=== Begin Enclosure ===

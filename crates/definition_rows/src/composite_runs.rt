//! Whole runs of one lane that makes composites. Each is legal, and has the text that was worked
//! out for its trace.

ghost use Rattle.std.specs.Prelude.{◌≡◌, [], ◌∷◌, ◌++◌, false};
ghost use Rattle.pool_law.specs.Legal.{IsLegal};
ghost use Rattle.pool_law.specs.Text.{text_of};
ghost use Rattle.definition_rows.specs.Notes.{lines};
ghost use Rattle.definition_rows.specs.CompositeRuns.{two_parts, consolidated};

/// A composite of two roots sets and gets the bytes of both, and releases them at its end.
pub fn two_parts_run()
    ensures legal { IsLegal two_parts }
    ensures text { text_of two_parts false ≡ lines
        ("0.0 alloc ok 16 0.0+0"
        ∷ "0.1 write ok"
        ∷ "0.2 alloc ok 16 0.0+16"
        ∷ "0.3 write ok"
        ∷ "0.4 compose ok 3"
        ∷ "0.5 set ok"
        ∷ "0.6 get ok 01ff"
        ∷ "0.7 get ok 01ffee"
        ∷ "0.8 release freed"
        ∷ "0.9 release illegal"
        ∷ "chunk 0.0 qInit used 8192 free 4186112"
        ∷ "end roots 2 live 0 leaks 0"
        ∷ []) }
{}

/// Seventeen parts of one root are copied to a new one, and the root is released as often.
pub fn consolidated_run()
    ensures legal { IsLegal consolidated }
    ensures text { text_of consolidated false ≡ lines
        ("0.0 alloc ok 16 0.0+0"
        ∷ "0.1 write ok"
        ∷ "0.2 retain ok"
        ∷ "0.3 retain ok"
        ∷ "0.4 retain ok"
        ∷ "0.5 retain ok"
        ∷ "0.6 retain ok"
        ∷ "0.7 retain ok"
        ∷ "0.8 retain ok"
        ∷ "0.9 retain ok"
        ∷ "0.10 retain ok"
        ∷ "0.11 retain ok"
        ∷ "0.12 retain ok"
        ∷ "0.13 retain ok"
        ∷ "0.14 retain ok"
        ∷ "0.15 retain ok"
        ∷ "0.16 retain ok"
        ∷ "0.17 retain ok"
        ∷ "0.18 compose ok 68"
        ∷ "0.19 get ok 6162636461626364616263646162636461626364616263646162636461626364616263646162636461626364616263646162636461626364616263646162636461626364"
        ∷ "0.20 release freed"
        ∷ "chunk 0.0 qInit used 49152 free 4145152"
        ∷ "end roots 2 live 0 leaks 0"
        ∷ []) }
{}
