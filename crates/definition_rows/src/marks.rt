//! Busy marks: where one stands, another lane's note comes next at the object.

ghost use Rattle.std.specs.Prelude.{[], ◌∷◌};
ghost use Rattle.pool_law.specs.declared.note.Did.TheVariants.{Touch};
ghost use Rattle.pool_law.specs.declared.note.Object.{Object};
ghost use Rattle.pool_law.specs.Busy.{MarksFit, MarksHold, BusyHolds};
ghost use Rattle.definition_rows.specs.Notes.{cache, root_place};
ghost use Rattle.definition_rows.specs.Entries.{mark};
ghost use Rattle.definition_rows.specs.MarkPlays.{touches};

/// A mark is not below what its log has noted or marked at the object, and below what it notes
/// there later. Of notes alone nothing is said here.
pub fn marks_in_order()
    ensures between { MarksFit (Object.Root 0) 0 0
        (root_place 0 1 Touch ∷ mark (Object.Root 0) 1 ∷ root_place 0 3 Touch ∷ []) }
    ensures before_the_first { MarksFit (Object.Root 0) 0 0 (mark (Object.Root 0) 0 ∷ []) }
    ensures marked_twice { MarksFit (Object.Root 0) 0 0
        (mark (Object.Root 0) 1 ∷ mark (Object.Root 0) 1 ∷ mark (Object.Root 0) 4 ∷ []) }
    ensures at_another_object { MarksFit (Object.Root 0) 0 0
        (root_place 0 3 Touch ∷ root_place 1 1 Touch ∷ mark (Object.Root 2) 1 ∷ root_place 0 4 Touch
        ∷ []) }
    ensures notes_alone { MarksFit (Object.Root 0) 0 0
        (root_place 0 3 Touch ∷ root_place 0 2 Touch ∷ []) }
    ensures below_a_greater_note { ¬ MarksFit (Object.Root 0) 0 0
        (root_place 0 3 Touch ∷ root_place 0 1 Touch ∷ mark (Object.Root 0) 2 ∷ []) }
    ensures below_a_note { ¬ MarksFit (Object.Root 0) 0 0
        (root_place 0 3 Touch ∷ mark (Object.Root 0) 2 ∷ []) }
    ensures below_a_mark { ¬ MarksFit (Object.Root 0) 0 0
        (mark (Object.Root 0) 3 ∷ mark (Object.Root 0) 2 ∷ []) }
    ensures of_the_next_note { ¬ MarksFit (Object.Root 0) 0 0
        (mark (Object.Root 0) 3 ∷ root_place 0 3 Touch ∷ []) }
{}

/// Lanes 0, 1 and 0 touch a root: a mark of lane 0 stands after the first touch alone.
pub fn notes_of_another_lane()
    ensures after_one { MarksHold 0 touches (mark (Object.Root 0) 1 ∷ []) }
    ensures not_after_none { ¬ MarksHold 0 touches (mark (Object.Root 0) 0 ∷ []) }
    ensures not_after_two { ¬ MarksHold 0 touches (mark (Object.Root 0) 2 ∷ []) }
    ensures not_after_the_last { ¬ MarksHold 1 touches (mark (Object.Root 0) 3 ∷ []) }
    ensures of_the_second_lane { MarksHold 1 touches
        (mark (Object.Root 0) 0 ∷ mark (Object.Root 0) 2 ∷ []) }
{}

=== End Enclosure ===

Transcribe all of the entries without altering anything.

Response area:
filename crates/definition_rows/src/composite_runs.rt
//! Whole runs of one lane that makes composites. Each is legal, and has the text that was worked
//! out for its trace.

ghost use Rattle.std.specs.Prelude.{◌≡◌, [], ◌∷◌, ◌++◌, false};
ghost use Rattle.pool_law.specs.Legal.{IsLegal};
ghost use Rattle.pool_law.specs.Text.{text_of};
ghost use Rattle.definition_rows.specs.Notes.{lines};
ghost use Rattle.definition_rows.specs.CompositeRuns.{two_parts, consolidated};

/// A composite of two roots sets and gets the bytes of both, and releases them at its end.
pub fn two_parts_run()
    ensures legal { IsLegal two_parts }
    ensures text { text_of two_parts false ≡ lines
        ("0.0 alloc ok 16 0.0+0"
        ∷ "0.1 write ok"
        ∷ "0.2 alloc ok 16 0.0+16"
        ∷ "0.3 write ok"
        ∷ "0.4 compose ok 3"
        ∷ "0.5 set ok"
        ∷ "0.6 get ok 01ff"
        ∷ "0.7 get ok 01ffee"
        ∷ "0.8 release freed"
        ∷ "0.9 release illegal"
        ∷ "chunk 0.0 qInit used 8192 free 4186112"
        ∷ "end roots 2 live 0 leaks 0"
        ∷ []) }
{}

/// Seventeen parts of one root are copied to a new one, and the root is released as often.
pub fn consolidated_run()
    ensures legal { IsLegal consolidated }
    ensures text { text_of consolidated false ≡ lines
        ("0.0 alloc ok 16 0.0+0"
        ∷ "0.1 write ok"
        ∷ "0.2 retain ok"
        ∷ "0.3 retain ok"
        ∷ "0.4 retain ok"
        ∷ "0.5 retain ok"
        ∷ "0.6 retain ok"
        ∷ "0.7 retain ok"
        ∷ "0.8 retain ok"
        ∷ "0.9 retain ok"
        ∷ "0.10 retain ok"
        ∷ "0.11 retain ok"
        ∷ "0.12 retain ok"
        ∷ "0.13 retain ok"
        ∷ "0.14 retain ok"
        ∷ "0.15 retain ok"
        ∷ "0.16 retain ok"
        ∷ "0.17 retain ok"
        ∷ "0.18 compose ok 68"
        ∷ "0.19 get ok 6162636461626364616263646162636461626364616263646162636461626364616263646162636461626364616263646162636461626364616263646162636461626364"
        ∷ "0.20 release freed"
        ∷ "chunk 0.0 qInit used 49152 free 4145152"
        ∷ "end roots 2 live 0 leaks 0"
        ∷ []) }
{}
filename crates/definition_rows/src/marks.rt
//! Busy marks: where one stands, another lane's note comes next at the object.

ghost use Rattle.std.specs.Prelude.{[], ◌∷◌};
ghost use Rattle.pool_law.specs.declared.note.Did.TheVariants.{Touch};
ghost use Rattle.pool_law.specs.declared.note.Object.{Object};
ghost use Rattle.pool_law.specs.Busy.{MarksFit, MarksHold, BusyHolds};
ghost use Rattle.definition_rows.specs.Notes.{cache, root_place};
ghost use Rattle.definition_rows.specs.Entries.{mark};
ghost use Rattle.definition_rows.specs.MarkPlays.{touches};

/// A mark is not below what its log has noted or marked at the object, and below what it notes
/// there later. Of notes alone nothing is said here.
pub fn marks_in_order()
    ensures between { MarksFit (Object.Root 0) 0 0
        (root_place 0 1 Touch ∷ mark (Object.Root 0) 1 ∷ root_place 0 3 Touch ∷ []) }
    ensures before_the_first { MarksFit (Object.Root 0) 0 0 (mark (Object.Root 0) 0 ∷ []) }
    ensures marked_twice { MarksFit (Object.Root 0) 0 0
        (mark (Object.Root 0) 1 ∷ mark (Object.Root 0) 1 ∷ mark (Object.Root 0) 4 ∷ []) }
    ensures at_another_object { MarksFit (Object.Root 0) 0 0
        (root_place 0 3 Touch ∷ root_place 1 1 Touch ∷ mark (Object.Root 2) 1 ∷ root_place 0 4 Touch
        ∷ []) }
    ensures notes_alone { MarksFit (Object.Root 0) 0 0
        (root_place 0 3 Touch ∷ root_place 0 2 Touch ∷ []) }
    ensures below_a_greater_note { ¬ MarksFit (Object.Root 0) 0 0
        (root_place 0 3 Touch ∷ root_place 0 1 Touch ∷ mark (Object.Root 0) 2 ∷ []) }
    ensures below_a_note { ¬ MarksFit (Object.Root 0) 0 0
        (root_place 0 3 Touch ∷ mark (Object.Root 0) 2 ∷ []) }
    ensures below_a_mark { ¬ MarksFit (Object.Root 0) 0 0
        (mark (Object.Root 0) 3 ∷ mark (Object.Root 0) 2 ∷ []) }
    ensures of_the_next_note { ¬ MarksFit (Object.Root 0) 0 0
        (mark (Object.Root 0) 3 ∷ root_place 0 3 Touch ∷ []) }
{}

/// Lanes 0, 1 and 0 touch a root: a mark of lane 0 stands after the first touch alone.
pub fn notes_of_another_lane()
    ensures after_one { MarksHold 0 touches (mark (Object.Root 0) 1 ∷ []) }
    ensures not_after_none { ¬ MarksHold 0 touches (mark (Object.Root 0) 0 ∷ []) }
    ensures not_after_two { ¬ MarksHold 0 touches (mark (Object.Root 0) 2 ∷ []) }
    ensures not_after_the_last { ¬ MarksHold 1 touches (mark (Object.Root 0) 3 ∷ []) }
    ensures of_the_second_lane { MarksHold 1 touches
        (mark (Object.Root 0) 0 ∷ mark (Object.Root 0) 2 ∷ []) }
{}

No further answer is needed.